ClassWhat it demonstrates
OrderedWordCount3-vertex pipeline, ordered shuffle, sort by value
IntersectExample2-way join using broadcast edge
JoinDataGenData generation for the join example
FilterLinesByWordSimple filter with configurable parallelism

tez-tests — Integration Test Suite

Contains tests that run against MiniTezCluster — a full in-process Tez + YARN + HDFS cluster. These tests are slow (minutes each) but provide end-to-end coverage.

Key test class: TestMiniTezSessionWithLocalMode — runs example DAGs in local mode.


Maven Structure Deep Dive

Root pom.xml

Read the root pom.xml to understand:

  1. Module declarations (<modules> section) — the build order
  2. Dependency management (<dependencyManagement>) — canonical versions for all deps
  3. Plugin management (<pluginManagement>) — canonical plugin configurations
  4. Build profileshadoop-2 vs hadoop-3, dist profile for assembly

Exercise:

# What Hadoop version does Tez build against by default?
grep -A2 "hadoop.version" pom.xml | head -5

# What Java version is required?
grep "maven.compiler" pom.xml

# How many external dependencies does the root pom manage?
grep "<artifactId>" pom.xml | wc -l

Module pom.xml Structure

Each module follows the same pattern:

<parent>
  <groupId>org.apache.tez</groupId>
  <artifactId>tez</artifactId>
  <version>0.10.x-SNAPSHOT</version>
</parent>

<artifactId>tez-dag</artifactId>
<name>Tez DAG</name>

<dependencies>
  <!-- Module-specific dependencies -->
</dependencies>

Modules declare their inter-dependencies explicitly. This is how Maven knows the build order.

Exercise:

# What modules does tez-dag depend on?
grep -A3 "<dependency>" tez-dag/pom.xml | grep "tez-" | grep "artifactId"

# What does tez-runtime-library depend on?
grep -A3 "<dependency>" tez-runtime-library/pom.xml | grep "tez-" | grep "artifactId"

Finding Classes Quickly

By Name

find . -name "VertexImpl.java"
find . -name "Fetcher.java"
find . -name "TestDAGImpl.java"

By Content

# Find the class that defines TEZ_LOCAL_MODE
grep -rl "TEZ_LOCAL_MODE" --include="*.java" .
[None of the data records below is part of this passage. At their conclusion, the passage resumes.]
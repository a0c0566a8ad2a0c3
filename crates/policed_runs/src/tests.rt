use crate::laws;

#[test]
fn laws_return() {
    laws::one_step();
    laws::one_run();
    laws::goes_on();
    laws::one_report();
}
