/// A finished report of a job within the limits has fewer lines after its separator than the limit on report lines.
pub fn stays_below_the_limit()
    ensures lines { (h : Header) (trace : List TraceLine) (run : Run) (clock : ℕ) (refusal : Option Refusal) → IsAccepted h
        → IsRun h trace run clock → length trace ≤ 1048576 → sum (idle_clocks trace) ≤ 4294967296
        → length (whole h trace run clock refusal) < 4294967295 }
{}

// ---- Barriers

/// A run that is through the first lines of a trace, as at a barrier: what the next F or I line leaves, and the end.
pub fn goes_through()
    ensures start { (trace : List TraceLine) → IsThrough trace 0 [] }
    ensures none { (trace : List TraceLine) (n : ℕ) (run : Run) (s : Served) → IsThrough trace n run → s.request ≡ None
        → IsThrough trace n (Issues s ∷ run) }
    ensures none_lines { (h : Header) (trace : List TraceLine) (run : Run) (s : Served) → s.request ≡ None
        → latest h trace run (Issues s) ≡ issued_line s.issued ∷ [] }
    ensures flip { (trace : List TraceLine) (n number : ℕ) (run : Run) (t : TraceLine) → IsThrough trace n run
        → slice_get trace n ≡ Some t → number ≡ n + 1 → request_of number t ≡ [] → flip_of number t ≡ number ∷ []
        → IsThrough trace number (Flips number ∷ run) }
    ensures idle { (trace : List TraceLine) (n number : ℕ) (run : Run) (t : TraceLine) → IsThrough trace n run
        → slice_get trace n ≡ Some t → number ≡ n + 1 → request_of number t ≡ [] → flip_of number t ≡ []
        → IsThrough trace number run }
    ensures all { (trace : List TraceLine) (n : ℕ) (run : Run) → IsThrough trace n run → length trace ≤ n
        → Serves (requests trace) run [] }
    ensures all_flips { (trace : List TraceLine) (n : ℕ) (run : Run) → IsThrough trace n run → length trace ≤ n
        → reverse (flipped run) ≡ flips trace }
{}

/// Where no more than `cap` requests stand in a row without an I line between them, fewer than `cap` requests with a greater
/// number are served before any given request.
pub fn caps_ages()
    ensures { (h : Header) (trace : List TraceLine) (run : Run) (clock cap : ℕ) (earlier later : List Request) (r : Request)
        → IsRun h trace run clock → IsCapped cap trace → requests trace ≡ earlier ++ r ∷ later
        → length (overtaking trace run r) < cap }
{}

// ---- A controller

/// Each step of a run is one step of a controller, which numbers the requests by their order; a request is served under
/// either number or under none.
pub fn gives_to_a_controller()
    ensures log { (trace : List TraceLine) (run : Run) → places (controller_steps trace run) ≡ log_of run }
    ensures served { (h : Header) (trace : List TraceLine) (run : Run) (earlier later : List Request) (r : Request)
        → Sound h trace run → requests trace ≡ earlier ++ r ∷ later
        → is_served_number (rank trace r.number) (controller_steps trace run) ≡ is_served r.number run }
    ensures rank { (trace : List TraceLine) (earlier later : List Request) (r : Request)
        → requests trace ≡ earlier ++ r ∷ later → rank trace r.number ≡ length earlier + 1 }
    ensures same_in_a_longer_trace { (h : Header) (trace more : List TraceLine) (run : Run) → Sound h trace run
        → controller_steps (trace ++ more) run ≡ controller_steps trace run }
    ensures none { (h : Header) (trace : List TraceLine) (run : Run) → Sound h trace run
        → waiting h (offered trace) (controller_steps trace run) ≡ [] → held (requests trace) run ≡ [] }
{
    requests::laws::oldest_unserved();
}

/// As many requests are not served as wait.
pub fn counts_the_unserved()
    ensures waiting { (h : Header) (trace : List TraceLine) (run : Run) → Sound h trace run
        → length (waiting h (offered trace) (controller_steps trace run)) ≡ length (unserved (requests trace) run) }
{}

/// The window of a trace is the queue of a controller that was offered what comes before the next barrier.
pub fn window_is_the_queue()
    ensures window { (h : Header) (trace : List TraceLine) (run : Run) (offers later : List Asked)
        → map asked (reach trace run) ≡ offers ++ later → AreKnown offers (controller_steps trace run)
        → length (waiting h offers (controller_steps trace run)) ≤ 32
        → span (length offers) (waiting h offers (controller_steps trace run)) ≤ 64
        → IsFull (length offers) (waiting h offers (controller_steps trace run)) ⊎ (later ≡ [])
        → waiting h offers (controller_steps trace run) ≡ window h trace run }
    ensures by_lines { (h : Header) (trace : List TraceLine) (run : Run) → Sound h trace run
        → window h trace run ≡ map (queued h trace) (candidates trace run (held (requests trace) run)) }
{
    requests::laws::queue_is_window();
}

// ---- A run under way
# Find all state machine StateMachine declarations
grep -rl "StateMachineFactory" --include="*.java" . | grep -v test

In IntelliJ

  • Navigate to class: ⌘ O (macOS) — type class name, supports wildcards
  • Navigate to file: ⌘ ⇧ O — type file name
  • Find usages: ⌥ F7 — shows all places a class/method is used
  • Go to implementation: ⌘ ⌥ B — jumps from interface to implementation

After completing this lab, time yourself on each:

TaskTarget time
Find DAGImpl.java< 10 seconds
Find TezConfiguration.TEZ_LOCAL_MODE declaration< 20 seconds
Find all tests for VertexImpl< 30 seconds
Identify which module handles shuffle fetch retry< 60 seconds
Find the class that submits a DAG from client to AM< 60 seconds

If any take longer, repeat the exercises in this lab.


Expected Output

By end of this lab you should have notes documenting:

  1. The line count of VertexImpl.java and DAGImpl.java
  2. The number of state machine transitions in VertexImpl
  3. The names of all 4 example DAG classes
  4. The Hadoop version Tez builds against
  5. Which module handles shuffle (your own words, not copy-pasted)

Stretch Goals

  1. Generate the full module dependency graph:

    mvn dependency:tree -pl tez-dag -am | grep "\\-\\-" | head -30
    
  2. Find all Protocol Buffer definition files (.proto):

    find . -name "*.proto" | sort
    

    For each, identify which module it belongs to and what messages it defines.

  3. Read tez-api/src/main/proto/DAGApiRecords.proto completely. Identify which messages correspond to Java classes you have already read.